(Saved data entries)
== == ==

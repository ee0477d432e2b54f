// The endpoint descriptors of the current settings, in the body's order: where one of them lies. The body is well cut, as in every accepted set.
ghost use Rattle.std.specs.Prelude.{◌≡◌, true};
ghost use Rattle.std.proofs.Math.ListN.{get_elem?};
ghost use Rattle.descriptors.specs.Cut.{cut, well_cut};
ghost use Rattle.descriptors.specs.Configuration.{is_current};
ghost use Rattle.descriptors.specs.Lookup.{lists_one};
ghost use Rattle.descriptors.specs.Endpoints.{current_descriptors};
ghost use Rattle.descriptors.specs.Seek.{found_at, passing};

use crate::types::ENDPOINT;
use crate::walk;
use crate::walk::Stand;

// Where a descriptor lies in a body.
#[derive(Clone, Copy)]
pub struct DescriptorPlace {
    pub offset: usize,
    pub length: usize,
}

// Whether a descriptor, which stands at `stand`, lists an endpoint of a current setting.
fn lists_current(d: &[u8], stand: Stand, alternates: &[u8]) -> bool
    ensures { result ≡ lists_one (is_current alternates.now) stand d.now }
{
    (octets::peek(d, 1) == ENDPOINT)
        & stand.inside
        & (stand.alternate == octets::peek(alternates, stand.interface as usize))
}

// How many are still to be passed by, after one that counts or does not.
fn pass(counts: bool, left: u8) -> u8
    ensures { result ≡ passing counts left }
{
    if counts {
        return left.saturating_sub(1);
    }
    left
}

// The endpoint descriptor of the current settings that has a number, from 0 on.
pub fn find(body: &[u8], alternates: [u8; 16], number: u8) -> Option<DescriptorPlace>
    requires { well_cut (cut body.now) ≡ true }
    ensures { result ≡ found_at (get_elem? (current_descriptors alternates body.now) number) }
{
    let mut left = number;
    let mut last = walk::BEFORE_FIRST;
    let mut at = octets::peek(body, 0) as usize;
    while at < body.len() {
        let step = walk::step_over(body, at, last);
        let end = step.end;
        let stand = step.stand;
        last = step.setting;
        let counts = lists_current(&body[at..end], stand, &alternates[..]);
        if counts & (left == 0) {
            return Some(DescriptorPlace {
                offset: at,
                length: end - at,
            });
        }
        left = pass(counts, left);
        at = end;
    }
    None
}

== == ==

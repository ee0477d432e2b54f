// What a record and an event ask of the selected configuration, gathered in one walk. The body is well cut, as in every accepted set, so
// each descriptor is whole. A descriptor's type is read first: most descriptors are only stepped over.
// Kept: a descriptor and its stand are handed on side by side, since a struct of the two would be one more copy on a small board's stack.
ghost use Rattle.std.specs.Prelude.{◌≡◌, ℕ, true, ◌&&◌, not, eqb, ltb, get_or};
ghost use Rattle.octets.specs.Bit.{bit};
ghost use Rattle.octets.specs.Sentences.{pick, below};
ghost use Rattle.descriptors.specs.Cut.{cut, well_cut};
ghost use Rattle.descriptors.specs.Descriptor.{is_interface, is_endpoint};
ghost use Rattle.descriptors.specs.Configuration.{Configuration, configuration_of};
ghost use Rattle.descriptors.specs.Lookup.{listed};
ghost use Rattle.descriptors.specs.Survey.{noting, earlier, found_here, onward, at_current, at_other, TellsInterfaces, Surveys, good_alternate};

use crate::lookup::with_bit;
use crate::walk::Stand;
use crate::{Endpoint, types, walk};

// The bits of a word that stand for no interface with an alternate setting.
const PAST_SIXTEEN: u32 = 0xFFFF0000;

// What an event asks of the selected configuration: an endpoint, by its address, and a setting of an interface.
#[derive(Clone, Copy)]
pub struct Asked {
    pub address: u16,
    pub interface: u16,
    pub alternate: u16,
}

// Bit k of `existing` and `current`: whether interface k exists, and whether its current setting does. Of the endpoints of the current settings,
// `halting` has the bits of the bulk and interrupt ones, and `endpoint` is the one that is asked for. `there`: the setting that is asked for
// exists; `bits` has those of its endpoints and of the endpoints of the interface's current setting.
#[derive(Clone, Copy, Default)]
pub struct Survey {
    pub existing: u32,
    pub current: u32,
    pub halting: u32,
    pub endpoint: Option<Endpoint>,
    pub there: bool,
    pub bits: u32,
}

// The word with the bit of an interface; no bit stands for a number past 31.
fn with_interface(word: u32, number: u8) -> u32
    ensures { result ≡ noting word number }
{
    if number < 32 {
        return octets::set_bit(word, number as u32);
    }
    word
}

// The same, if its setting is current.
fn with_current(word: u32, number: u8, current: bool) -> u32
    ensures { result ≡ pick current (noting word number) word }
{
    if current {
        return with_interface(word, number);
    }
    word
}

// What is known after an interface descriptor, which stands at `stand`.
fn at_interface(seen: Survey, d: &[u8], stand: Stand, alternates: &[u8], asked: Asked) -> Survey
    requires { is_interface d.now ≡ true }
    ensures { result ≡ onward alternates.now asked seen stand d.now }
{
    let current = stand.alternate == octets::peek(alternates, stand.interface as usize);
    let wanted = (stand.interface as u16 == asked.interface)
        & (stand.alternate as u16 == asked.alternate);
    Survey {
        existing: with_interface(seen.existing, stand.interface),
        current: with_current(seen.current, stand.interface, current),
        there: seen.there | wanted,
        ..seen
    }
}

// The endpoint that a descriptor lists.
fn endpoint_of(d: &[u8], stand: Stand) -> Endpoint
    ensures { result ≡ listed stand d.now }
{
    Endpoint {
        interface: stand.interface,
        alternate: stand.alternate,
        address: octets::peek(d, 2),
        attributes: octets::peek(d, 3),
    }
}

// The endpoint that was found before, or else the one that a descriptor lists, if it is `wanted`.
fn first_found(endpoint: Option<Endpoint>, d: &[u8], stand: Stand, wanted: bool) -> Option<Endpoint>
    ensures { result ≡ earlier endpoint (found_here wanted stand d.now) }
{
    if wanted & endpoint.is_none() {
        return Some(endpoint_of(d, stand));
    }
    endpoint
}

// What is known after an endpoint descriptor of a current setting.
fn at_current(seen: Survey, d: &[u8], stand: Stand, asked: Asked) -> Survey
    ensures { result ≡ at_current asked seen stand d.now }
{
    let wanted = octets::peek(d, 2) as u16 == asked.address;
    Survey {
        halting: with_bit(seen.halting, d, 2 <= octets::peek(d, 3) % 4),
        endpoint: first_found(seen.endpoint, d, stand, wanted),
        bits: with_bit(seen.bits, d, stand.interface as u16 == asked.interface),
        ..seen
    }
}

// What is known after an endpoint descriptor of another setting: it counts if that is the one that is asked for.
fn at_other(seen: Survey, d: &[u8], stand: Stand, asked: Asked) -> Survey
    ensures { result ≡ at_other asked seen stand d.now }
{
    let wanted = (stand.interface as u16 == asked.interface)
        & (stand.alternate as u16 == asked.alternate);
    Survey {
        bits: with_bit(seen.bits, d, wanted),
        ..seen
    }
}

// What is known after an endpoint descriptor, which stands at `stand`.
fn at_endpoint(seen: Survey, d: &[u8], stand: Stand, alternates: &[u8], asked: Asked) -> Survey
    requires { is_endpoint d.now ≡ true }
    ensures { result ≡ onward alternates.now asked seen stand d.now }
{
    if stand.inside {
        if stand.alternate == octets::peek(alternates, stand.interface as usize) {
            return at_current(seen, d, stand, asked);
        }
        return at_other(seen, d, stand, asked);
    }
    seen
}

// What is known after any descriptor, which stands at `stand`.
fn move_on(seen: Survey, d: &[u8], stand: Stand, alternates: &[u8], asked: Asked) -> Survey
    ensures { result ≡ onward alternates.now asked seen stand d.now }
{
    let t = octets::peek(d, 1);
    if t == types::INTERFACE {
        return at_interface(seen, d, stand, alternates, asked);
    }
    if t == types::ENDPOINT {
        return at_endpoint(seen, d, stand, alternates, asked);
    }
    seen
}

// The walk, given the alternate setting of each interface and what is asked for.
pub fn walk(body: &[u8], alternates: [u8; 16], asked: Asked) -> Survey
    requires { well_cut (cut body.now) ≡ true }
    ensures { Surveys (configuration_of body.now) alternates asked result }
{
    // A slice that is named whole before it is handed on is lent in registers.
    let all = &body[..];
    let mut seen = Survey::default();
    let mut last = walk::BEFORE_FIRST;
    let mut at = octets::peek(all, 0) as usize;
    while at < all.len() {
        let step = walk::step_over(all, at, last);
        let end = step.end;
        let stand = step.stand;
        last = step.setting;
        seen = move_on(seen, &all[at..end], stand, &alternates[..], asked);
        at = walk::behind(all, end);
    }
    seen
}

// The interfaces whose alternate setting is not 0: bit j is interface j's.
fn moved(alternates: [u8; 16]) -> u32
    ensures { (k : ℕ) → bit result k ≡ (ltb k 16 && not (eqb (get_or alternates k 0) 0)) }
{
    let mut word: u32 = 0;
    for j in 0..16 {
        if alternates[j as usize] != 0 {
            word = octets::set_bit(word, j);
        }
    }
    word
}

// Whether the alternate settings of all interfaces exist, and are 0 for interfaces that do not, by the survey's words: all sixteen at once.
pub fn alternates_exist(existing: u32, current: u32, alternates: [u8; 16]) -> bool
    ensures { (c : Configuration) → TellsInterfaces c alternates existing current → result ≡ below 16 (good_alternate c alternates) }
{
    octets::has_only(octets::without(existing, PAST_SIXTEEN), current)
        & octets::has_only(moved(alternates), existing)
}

== == ==

**Problem description**
Work through the records line by line, and once you reach the final line, report only how many held "which".

**Solution to the problem**
4